Unfortunately, I could see that this method was dropping frames. I added a quick bit of instrumentation to the main USB data loop and found that the frame rate consistently fell below my desired minimum of 18 fps.

I messed with overclocking the RP2350 and increasing the compression level on the host, but neither got the lowest possible frame rate up. At this point I realized that since the culprit was the amount of data being sent over USB, there might be a better compression algorithm available. A little research turned up Zstandard (zstd), which compresses a lot better than LZ4, even at its base level. Compare LZ4:

I tested both compressors at compression levels 1-10 on a dithered and formatted Sharpie frame from a different, mostly unsuccessful video test.

I then checked zstd's decompression speed on the RP2350 and found it to be sufficiently fast (I didn't save the exact number), so I implemented it on both sides, and it works! Now it doesn't drop frames, and I can show it off:

There was one more bug triggered by very small frames (usually frames that are mostly one color, which compress to very small amounts of data) where that frame's data transfer would finish and the second core would decompress it before the PIO had finished sending the current frame. This would cause the second core to reset the PIO in the middle of a frame and break video playback for a few seconds. The solution was simple: just make sure that the PIO is done sending a frame before resetting it.

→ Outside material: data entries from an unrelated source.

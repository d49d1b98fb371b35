ghost use Rattle.std.specs.Prelude.{◌<◌, ◌-◌, ◌^◌, length};

use crate::contents::{
    ALLOC, FIRST, RULES, all_within, done, entry, gave, history, line, made, seen, value,
};
use pa_audit_records::{
    Salt, exchanges_meet, lines_meet, records_of, registers_meet, slots_meet, swaps_meet,
};
use pa_record::{Answer, CellEntry, Entry, Held, History};
use pa_slot::OutOfMemory;
use pa_trace::{Line, Op, Rules};
use std::alloc::Global;
use std::test::Fail;

// The first record whose answer its registers don't require by the rules.
pub(crate) fn registers_of(
    alloc: Global,
    rules: Rules,
    lines: &[Line],
    entries: &[Entry],
    cells: &[History],
) -> Result<Option<u32>, OutOfMemory>
    requires { length lines.now < 2 ^ 32 - 2 }
{
    let records = records_of(alloc, rules, lines, entries)?;
    if all_within(&records) {
        let salt = Salt::of(&records, &[]);
        registers_meet(alloc, salt, rules.version, &records, cells)
    } else {
        Ok(Some(u32::MAX))
    }
}

// The first record that found no word of its slot's run.
fn slots_of(alloc: Global, lines: &[Line], entries: &[Entry]) -> Result<Option<u32>, OutOfMemory>
    requires { length lines.now < 2 ^ 32 - 2 }
{
    let records = records_of(alloc, RULES, lines, entries)?;
    slots_meet(alloc, Salt::of(&records, &[]), &records)
}

// An object is made, freed, its slot given back, and made again.
fn purge_lines() -> [Line; 4] {
    [
        line(0, ALLOC),
        line(0, Op::Free { reg: 0 }),
        line(0, Op::Purge),
        line(
            0,
            Op::Alloc {
                reg: 1,
                partition: 0,
                size: 8,
            },
        ),
    ]
}

fn purge_entries() -> [Entry; 4] {
    [
        entry(2, 0, made(0)),
        entry(3, 0, done(0x100_0001)),
        entry(4, 0, Answer::Purged { slots: 8 }),
        entry(5, 0, made(0x200_0000)),
    ]
}

#[test]
fn a_worked_run_meets_all(rt: HostRuntime) {
    let lines = purge_lines();
    let entries = purge_entries();
    assert!(rt; lines_meet(&lines, &entries) == None);
    assert!(rt; registers_of(rt.alloc(), RULES, &lines, &entries, &[]) == Ok(None));
    assert!(rt; slots_of(rt.alloc(), &lines, &entries) == Ok(None));
}

#[test]
fn lines_tell_the_first_record_that_is_not_due(rt: HostRuntime) {
    let lines = purge_lines();
    let entries = purge_entries();
    assert!(rt; lines_meet(&lines, &entries[..3]) == Some(3));
    assert!(rt; lines_meet(&lines[..2], &entries) == Some(2));
    let mut other = entries;
    other[1].thread = 1;
    other[2].line = 9;
    assert!(rt; lines_meet(&lines, &other) == Some(1));
}

#[test]
fn registers_tell_a_free_of_nothing(rt: HostRuntime) {
    let mut lines = purge_lines();
    lines[1] = line(0, Op::Free { reg: 7 });
    let entries = purge_entries();
    assert!(rt; registers_of(rt.alloc(), RULES, &lines, &entries, &[]) == Ok(Some(1)));
}

#[test]
fn registers_tell_a_read_past_the_first_usable_number(rt: HostRuntime) {
    let lines = [
        line(0, ALLOC),
        line(0, Op::Read { reg: 0, place: 1 }),
        line(0, Op::Free { reg: 0 }),
        line(
            0,
            Op::Alloc {
                reg: 1,
                partition: 0,
                size: 20,
            },
        ),
    ];
    let entries = [
        entry(2, 0, made(0)),
        entry(3, 0, value(0x100_0001, 0)),
        entry(4, 0, done(0x100_0001)),
        entry(
            5,
            0,
            Answer::Made {
                seen: seen(0x200_0000),
                usable: 24,
            },
        ),
    ];
    assert!(rt; registers_of(rt.alloc(), RULES, &lines, &entries, &[]) == Ok(Some(1)));
}

#[test]
fn slots_tell_a_word_that_is_not_of_the_run(rt: HostRuntime) {
    let lines = purge_lines();
    let mut entries = purge_entries();
    entries[3].answer = made(0x300_0000);
    assert!(rt; slots_of(rt.alloc(), &lines, &entries) == Ok(Some(3)));
}

#[test]
fn slots_tell_the_later_of_two_steps_at_a_word(rt: HostRuntime) {
    let lines = [
        line(0, ALLOC),
        line(0, Op::Copy { from: 0, to: 1 }),
        line(0, Op::Copy { from: 0, to: 2 }),
    ];
    let entries = [
        entry(2, 0, made(0)),
        entry(3, 0, done(0x100_0001)),
        entry(4, 0, done(0x100_0001)),
    ];
    assert!(rt; slots_of(rt.alloc(), &lines, &entries) == Ok(Some(2)));
}

// The first exchange with cell 0, of this history, that doesn't fit.
fn exchanges_of(
    alloc: Global,
    lines: &[Line],
    entries: &[Entry],
    exchanges: &[CellEntry],
) -> Result<Option<(u32, usize)>, OutOfMemory>
    requires { length lines.now < 2 ^ 32 - 2 }
{
    let records = records_of(alloc, RULES, lines, entries)?;
    exchanges_meet(
        alloc,
        Salt::of(&records, &[]),
        &records,
        &[history(alloc, exchanges)?],
    )
}

// The first record that names no exchange of its cell.
fn swaps_of(
    alloc: Global,
    lines: &[Line],
    entries: &[Entry],
    exchanges: &[CellEntry],
) -> Result<Option<u32>, OutOfMemory>
    requires { length lines.now < 2 ^ 32 - 2 }
{
    let records = records_of(alloc, RULES, lines, entries)?;
    Ok(swaps_meet(&records, &[history(alloc, exchanges)?]))
}

// A thread hands an object to another through a cell.
fn hand_lines() -> [Line; 4] {
    [
        line(0, ALLOC),
        line(0, Op::Swap { cell: 0, reg: 0 }),
        line(1, Op::Swap { cell: 0, reg: 1 }),
        line(1, Op::Free { reg: 1 }),
    ]
}

fn hand_entries() -> [Entry; 4] {
    [
        entry(2, 0, made(0)),
        entry(3, 0, Answer::Swapped { entry: 0 }),
        entry(4, 1, Answer::Swapped { entry: 1 }),
        entry(5, 1, done(0x100_0001)),
    ]
}

fn hand_exchanges() -> [CellEntry; 2] {
    [
        gave(3, Held::Own(FIRST), Held::Nothing),
        gave(4, Held::Nothing, Held::Own(FIRST)),
    ]
}

#[test]
fn a_hand_over_meets_all(rt: HostRuntime) -> Result<(), Fail> {
    let lines = hand_lines();
    let entries = hand_entries();
    let exchanges = hand_exchanges();
    let cells = [history(rt.alloc(), &exchanges)?];
    assert!(rt; lines_meet(&lines, &entries) == None);
    assert!(rt; swaps_of(rt.alloc(), &lines, &entries, &exchanges) == Ok(None));
    assert!(rt; exchanges_of(rt.alloc(), &lines, &entries, &exchanges) == Ok(None));
    assert!(rt; registers_of(rt.alloc(), RULES, &lines, &entries, &cells) == Ok(None));
    assert!(rt; slots_of(rt.alloc(), &lines, &entries) == Ok(None));
    Ok(())
}

#[test]
fn cells_tell_a_record_that_names_another_exchange(rt: HostRuntime) {
    let mut entries = hand_entries();
    entries[2].answer = Answer::Swapped { entry: 0 };
    let told = swaps_of(rt.alloc(), &hand_lines(), &entries, &hand_exchanges());
    assert!(rt; told == Ok(Some(2)));
}

#[test]
fn cells_tell_an_exchange_that_found_what_was_not_given(rt: HostRuntime) {
    let mut exchanges = hand_exchanges();
    exchanges[1].found = Held::Nothing;
    let told = exchanges_of(rt.alloc(), &hand_lines(), &hand_entries(), &exchanges);
    assert!(rt; told == Ok(Some((0, 1))));
}

#[test]
fn cells_tell_an_exchange_behind_a_later_one_of_its_thread(rt: HostRuntime) {
    let mut lines = hand_lines();
    lines[2] = line(0, Op::Swap { cell: 0, reg: 1 });
    let exchanges = [
        gave(4, Held::Nothing, Held::Nothing),
        gave(3, Held::Own(FIRST), Held::Nothing),
    ];
    let told = exchanges_of(rt.alloc(), &lines, &hand_entries(), &exchanges);
    assert!(rt; told == Ok(Some((0, 1))));
}

#[test]
fn cells_tell_the_second_exchange_of_a_line(rt: HostRuntime) {
    let exchanges = [
        gave(3, Held::Nothing, Held::Nothing),
        gave(3, Held::Nothing, Held::Nothing),
    ];
    let told = exchanges_of(rt.alloc(), &hand_lines(), &hand_entries(), &exchanges);
    assert!(rt; told == Ok(Some((0, 1))));
}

If you look at the code for the USB display, you might notice that I'm not using partial update. This is mostly out of laziness, because if I used partial update, I would have to build something resembling an actual data protocol instead of "data length + data", to differentiate between partial frames and total frames, and I would have to make the host code capable of generating partial frames, and I would have to determine reasonable logic to decide when to use a partial frame and a full frame. The primary factor that might make partial updates desirable is that unless every single line on the screen has been updated, a partial update is faster than a full refresh. This is held back by the fact that video playback doesn't usually lend itself well to variable frame rates.

Final thoughts

First off: Sharpie is a resounding success. I never imagined, when I laid out the original full frame PIO code back in January 2025, that I would be playing fully functional video on Sharpie. I never even intended video to be the end goal, it just seems like a good (maybe temporary) stopping place.

Second: did you notice above that I said I overclocked the RP2350? If you remember earlier posts you'll notice that I was quite specific about clocks, and carefully chose every clock divider and input frequency to meet the exact demands of the datasheet. Well, it turns out you can bump the RP2350 system clock---which also feeds the PIOs---by 33% with no consequences on the display. This shouldn't be surprising, but I didn't even notice I was out of spec until I did some tests comparing behavior between 150 MHz and 200 MHz. 200 MHz helps with screen tearing-like effects that show up sometimes, and it also means we can bump the frame rate to about 22 fps reliably. Any higher and the USB link isn't fast enough to keep up.

Finally: where am I going from here? I don't really know. I will be putting Sharpie aside for a while, but probably not forever. I really like this project and I really like this display, so I'd like to do something with both of them. I also think it would be fun to source a larger LSxxx color display from a supplier that isn't Digikey and play with that.